YOUR TASK: Using the data below, return the stretch from the line that contains "filename crates/net_build/src/gates.rt" through the line that contains "filename crates/net_build/src/size.rt", both included, exactly as it stands and nothing beyond it.

TASK MATERIAL:
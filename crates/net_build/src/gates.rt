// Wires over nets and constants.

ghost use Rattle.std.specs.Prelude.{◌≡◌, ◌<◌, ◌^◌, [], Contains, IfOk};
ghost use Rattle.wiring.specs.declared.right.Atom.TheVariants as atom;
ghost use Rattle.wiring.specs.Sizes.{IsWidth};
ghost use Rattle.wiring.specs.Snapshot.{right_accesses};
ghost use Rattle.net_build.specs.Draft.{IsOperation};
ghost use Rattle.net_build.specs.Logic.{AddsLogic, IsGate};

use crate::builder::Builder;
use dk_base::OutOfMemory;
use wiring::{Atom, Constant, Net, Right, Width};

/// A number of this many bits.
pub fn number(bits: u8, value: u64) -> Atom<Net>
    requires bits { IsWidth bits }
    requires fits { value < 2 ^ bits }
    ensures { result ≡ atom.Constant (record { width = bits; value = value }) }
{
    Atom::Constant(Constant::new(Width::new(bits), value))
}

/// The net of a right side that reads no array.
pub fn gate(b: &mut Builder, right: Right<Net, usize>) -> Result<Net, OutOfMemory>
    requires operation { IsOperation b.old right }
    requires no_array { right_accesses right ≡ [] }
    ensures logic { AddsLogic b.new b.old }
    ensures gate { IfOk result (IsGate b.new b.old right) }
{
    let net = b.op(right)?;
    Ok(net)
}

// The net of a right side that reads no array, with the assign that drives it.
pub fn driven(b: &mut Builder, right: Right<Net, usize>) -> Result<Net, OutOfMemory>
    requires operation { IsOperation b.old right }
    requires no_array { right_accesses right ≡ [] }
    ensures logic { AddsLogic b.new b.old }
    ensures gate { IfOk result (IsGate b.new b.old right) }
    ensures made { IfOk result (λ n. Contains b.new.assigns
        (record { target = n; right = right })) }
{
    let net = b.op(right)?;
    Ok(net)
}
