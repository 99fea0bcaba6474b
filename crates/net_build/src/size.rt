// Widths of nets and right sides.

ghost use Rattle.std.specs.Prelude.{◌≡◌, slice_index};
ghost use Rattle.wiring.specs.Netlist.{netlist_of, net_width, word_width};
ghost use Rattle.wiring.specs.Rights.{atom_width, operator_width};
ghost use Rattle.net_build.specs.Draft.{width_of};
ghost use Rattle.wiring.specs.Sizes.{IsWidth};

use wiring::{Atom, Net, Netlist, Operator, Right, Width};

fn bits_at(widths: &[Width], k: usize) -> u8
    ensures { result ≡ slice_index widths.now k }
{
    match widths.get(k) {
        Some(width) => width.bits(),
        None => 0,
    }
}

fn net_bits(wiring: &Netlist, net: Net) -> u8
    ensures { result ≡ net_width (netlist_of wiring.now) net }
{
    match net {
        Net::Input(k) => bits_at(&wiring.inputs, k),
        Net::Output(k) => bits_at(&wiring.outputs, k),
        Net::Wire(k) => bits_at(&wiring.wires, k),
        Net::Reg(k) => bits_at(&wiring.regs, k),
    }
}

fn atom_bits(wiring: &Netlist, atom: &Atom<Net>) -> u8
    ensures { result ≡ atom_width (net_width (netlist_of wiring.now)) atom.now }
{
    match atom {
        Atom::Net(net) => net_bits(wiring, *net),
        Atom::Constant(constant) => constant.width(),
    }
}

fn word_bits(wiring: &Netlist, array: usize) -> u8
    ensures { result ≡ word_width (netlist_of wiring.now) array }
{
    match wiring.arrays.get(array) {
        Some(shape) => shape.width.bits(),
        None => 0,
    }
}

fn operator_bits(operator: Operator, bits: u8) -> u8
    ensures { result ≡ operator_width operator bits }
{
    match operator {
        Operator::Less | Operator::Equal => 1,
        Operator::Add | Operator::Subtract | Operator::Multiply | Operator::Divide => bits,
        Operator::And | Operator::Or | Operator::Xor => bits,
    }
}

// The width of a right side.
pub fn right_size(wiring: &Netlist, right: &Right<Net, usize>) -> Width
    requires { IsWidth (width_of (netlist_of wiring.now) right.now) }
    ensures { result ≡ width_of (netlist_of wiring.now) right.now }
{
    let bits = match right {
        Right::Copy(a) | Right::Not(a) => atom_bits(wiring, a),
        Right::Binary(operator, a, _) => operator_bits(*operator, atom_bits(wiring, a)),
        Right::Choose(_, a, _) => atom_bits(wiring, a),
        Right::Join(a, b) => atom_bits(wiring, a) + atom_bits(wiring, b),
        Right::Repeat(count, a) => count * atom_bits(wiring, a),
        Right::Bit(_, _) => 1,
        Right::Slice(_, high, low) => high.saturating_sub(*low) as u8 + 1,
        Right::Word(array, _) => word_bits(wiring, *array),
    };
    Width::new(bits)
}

---

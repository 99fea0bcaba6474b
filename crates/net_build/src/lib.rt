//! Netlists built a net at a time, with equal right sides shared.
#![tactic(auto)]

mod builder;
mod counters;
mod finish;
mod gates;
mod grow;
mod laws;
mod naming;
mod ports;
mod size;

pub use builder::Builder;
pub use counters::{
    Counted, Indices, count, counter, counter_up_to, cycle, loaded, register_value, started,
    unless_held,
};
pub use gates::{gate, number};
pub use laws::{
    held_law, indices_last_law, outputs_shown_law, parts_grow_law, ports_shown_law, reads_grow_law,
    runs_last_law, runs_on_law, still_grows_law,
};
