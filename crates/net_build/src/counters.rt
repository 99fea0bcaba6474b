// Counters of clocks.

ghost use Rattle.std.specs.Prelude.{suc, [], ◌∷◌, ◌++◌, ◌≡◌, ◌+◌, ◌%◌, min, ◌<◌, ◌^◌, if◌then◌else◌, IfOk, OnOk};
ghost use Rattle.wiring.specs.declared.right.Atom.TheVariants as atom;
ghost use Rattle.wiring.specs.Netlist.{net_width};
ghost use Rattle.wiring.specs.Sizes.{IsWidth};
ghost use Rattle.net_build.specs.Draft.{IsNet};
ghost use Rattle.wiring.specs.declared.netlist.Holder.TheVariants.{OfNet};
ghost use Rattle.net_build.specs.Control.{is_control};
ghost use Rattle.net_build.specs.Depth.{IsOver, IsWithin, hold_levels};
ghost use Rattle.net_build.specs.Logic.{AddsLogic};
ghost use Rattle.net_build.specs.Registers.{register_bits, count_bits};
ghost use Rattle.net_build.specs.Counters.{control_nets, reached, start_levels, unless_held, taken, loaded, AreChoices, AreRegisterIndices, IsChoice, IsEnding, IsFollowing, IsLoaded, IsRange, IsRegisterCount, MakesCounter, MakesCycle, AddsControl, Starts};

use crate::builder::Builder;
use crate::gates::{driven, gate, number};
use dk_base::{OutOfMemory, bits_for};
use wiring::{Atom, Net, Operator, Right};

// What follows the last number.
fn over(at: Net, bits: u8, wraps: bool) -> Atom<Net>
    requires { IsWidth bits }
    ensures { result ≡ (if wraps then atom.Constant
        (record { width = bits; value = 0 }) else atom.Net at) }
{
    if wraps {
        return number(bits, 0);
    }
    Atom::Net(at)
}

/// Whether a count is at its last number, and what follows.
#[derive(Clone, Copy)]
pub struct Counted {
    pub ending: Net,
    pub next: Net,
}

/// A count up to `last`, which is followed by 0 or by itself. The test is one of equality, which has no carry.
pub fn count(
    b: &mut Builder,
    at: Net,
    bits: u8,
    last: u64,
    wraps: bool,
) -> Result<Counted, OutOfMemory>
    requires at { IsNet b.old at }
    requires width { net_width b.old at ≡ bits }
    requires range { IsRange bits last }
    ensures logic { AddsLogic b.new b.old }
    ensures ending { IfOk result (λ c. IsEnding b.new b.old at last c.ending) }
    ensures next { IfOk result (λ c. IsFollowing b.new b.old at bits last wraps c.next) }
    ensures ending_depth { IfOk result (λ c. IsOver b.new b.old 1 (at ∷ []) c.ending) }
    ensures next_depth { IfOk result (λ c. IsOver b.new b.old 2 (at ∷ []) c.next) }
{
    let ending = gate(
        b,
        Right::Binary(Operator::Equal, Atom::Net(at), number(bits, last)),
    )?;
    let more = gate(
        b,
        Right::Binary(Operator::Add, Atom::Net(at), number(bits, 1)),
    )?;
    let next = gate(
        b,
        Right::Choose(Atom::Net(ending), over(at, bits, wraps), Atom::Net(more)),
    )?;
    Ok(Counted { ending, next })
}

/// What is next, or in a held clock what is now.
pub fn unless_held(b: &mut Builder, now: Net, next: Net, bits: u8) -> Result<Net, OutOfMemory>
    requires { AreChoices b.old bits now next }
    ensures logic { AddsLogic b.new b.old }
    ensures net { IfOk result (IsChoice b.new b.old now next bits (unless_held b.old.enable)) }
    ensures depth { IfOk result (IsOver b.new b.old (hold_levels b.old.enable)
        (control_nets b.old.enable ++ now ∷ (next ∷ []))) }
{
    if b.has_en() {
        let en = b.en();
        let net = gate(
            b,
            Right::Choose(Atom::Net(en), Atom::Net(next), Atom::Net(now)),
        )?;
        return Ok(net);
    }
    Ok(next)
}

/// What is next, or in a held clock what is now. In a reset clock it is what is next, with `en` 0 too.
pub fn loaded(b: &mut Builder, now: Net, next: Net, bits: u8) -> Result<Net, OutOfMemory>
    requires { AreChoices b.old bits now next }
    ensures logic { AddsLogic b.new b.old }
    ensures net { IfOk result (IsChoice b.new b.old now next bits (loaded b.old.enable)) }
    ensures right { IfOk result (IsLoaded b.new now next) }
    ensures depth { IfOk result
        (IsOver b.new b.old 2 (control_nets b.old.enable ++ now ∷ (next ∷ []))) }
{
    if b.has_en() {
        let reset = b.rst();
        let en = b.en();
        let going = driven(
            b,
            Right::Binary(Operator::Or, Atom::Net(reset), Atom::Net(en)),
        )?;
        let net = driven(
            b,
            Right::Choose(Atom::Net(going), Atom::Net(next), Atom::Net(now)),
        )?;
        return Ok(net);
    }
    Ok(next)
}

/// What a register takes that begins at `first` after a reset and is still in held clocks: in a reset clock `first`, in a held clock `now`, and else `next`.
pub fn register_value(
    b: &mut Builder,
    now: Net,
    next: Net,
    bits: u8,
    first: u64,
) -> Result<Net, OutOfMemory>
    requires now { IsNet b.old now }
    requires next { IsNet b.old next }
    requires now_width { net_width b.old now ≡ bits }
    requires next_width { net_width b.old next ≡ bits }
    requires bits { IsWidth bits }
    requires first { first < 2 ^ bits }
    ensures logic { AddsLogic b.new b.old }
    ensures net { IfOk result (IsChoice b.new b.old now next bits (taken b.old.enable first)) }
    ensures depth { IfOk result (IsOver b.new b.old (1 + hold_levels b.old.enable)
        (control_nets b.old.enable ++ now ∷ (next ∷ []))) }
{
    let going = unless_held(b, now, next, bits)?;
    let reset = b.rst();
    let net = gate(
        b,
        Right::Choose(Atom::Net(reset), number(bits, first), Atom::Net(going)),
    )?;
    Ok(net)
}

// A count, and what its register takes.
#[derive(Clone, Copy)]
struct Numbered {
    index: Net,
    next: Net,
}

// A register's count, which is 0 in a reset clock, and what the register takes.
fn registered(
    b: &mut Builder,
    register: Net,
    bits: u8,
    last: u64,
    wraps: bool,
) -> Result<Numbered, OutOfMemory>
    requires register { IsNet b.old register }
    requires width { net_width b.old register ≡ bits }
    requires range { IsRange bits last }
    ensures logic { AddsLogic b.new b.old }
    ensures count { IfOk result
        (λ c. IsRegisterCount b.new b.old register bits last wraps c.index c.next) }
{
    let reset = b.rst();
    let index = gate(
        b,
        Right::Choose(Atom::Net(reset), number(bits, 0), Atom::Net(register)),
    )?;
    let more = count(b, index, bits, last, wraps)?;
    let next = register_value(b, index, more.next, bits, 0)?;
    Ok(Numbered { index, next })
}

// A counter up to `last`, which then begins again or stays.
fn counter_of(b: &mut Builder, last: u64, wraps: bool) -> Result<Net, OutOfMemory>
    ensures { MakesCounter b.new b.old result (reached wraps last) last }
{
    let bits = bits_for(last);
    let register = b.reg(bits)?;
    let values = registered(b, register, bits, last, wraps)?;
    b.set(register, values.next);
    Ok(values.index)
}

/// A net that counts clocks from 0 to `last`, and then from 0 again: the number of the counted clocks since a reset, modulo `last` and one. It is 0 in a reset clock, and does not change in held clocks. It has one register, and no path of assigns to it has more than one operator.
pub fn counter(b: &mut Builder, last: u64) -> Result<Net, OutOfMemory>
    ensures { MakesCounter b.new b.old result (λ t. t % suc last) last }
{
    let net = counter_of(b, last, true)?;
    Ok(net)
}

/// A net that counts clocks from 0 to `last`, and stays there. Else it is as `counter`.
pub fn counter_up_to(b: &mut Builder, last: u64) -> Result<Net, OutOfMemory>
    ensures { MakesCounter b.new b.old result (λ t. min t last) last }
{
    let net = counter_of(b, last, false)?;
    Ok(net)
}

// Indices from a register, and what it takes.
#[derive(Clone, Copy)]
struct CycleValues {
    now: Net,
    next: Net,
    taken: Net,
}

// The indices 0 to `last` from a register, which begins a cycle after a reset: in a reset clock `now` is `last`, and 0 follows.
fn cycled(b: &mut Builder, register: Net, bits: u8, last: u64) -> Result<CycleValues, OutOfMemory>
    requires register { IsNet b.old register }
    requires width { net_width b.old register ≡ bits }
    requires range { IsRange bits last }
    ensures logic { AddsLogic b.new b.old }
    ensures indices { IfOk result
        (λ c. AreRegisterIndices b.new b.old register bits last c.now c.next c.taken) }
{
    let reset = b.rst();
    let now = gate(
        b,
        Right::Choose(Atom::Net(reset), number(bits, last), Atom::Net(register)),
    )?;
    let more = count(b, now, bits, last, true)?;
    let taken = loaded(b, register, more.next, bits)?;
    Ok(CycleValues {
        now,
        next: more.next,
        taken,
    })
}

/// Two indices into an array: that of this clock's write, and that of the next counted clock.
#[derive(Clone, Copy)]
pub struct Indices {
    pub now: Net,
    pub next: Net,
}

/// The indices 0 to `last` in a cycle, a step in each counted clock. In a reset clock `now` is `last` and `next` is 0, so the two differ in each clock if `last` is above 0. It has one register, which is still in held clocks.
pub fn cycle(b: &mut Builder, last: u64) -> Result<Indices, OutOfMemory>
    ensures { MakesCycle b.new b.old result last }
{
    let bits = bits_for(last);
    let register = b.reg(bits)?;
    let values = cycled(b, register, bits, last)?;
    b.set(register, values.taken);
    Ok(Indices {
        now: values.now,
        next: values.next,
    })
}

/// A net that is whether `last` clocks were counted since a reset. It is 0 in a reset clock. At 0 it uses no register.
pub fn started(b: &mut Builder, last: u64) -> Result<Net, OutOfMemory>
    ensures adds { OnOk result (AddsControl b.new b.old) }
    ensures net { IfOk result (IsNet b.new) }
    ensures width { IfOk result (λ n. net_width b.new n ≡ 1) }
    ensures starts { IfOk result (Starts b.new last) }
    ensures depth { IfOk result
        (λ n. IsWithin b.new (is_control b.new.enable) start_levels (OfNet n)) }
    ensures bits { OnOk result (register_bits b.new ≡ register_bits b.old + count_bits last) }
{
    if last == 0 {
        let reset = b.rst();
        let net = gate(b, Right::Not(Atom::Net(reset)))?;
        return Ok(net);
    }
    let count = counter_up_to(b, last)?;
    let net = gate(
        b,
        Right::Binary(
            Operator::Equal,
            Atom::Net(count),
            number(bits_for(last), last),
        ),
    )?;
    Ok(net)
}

REPLY:
filename crates/net_build/src/gates.rt
// Wires over nets and constants.

ghost use Rattle.std.specs.Prelude.{◌≡◌, ◌<◌, ◌^◌, [], Contains, IfOk};
ghost use Rattle.wiring.specs.declared.right.Atom.TheVariants as atom;
ghost use Rattle.wiring.specs.Sizes.{IsWidth};
ghost use Rattle.wiring.specs.Snapshot.{right_accesses};
ghost use Rattle.net_build.specs.Draft.{IsOperation};
ghost use Rattle.net_build.specs.Logic.{AddsLogic, IsGate};

use crate::builder::Builder;
use dk_base::OutOfMemory;
use wiring::{Atom, Constant, Net, Right, Width};

/// A number of this many bits.
pub fn number(bits: u8, value: u64) -> Atom<Net>
    requires bits { IsWidth bits }
    requires fits { value < 2 ^ bits }
    ensures { result ≡ atom.Constant (record { width = bits; value = value }) }
{
    Atom::Constant(Constant::new(Width::new(bits), value))
}

/// The net of a right side that reads no array.
pub fn gate(b: &mut Builder, right: Right<Net, usize>) -> Result<Net, OutOfMemory>
    requires operation { IsOperation b.old right }
    requires no_array { right_accesses right ≡ [] }
    ensures logic { AddsLogic b.new b.old }
    ensures gate { IfOk result (IsGate b.new b.old right) }
{
    let net = b.op(right)?;
    Ok(net)
}

// The net of a right side that reads no array, with the assign that drives it.
pub fn driven(b: &mut Builder, right: Right<Net, usize>) -> Result<Net, OutOfMemory>
    requires operation { IsOperation b.old right }
    requires no_array { right_accesses right ≡ [] }
    ensures logic { AddsLogic b.new b.old }
    ensures gate { IfOk result (IsGate b.new b.old right) }
    ensures made { IfOk result (λ n. Contains b.new.assigns
        (record { target = n; right = right })) }
{
    let net = b.op(right)?;
    Ok(net)
}
repository 99fea0bcaba6474b
filename crates/net_build/src/size.rt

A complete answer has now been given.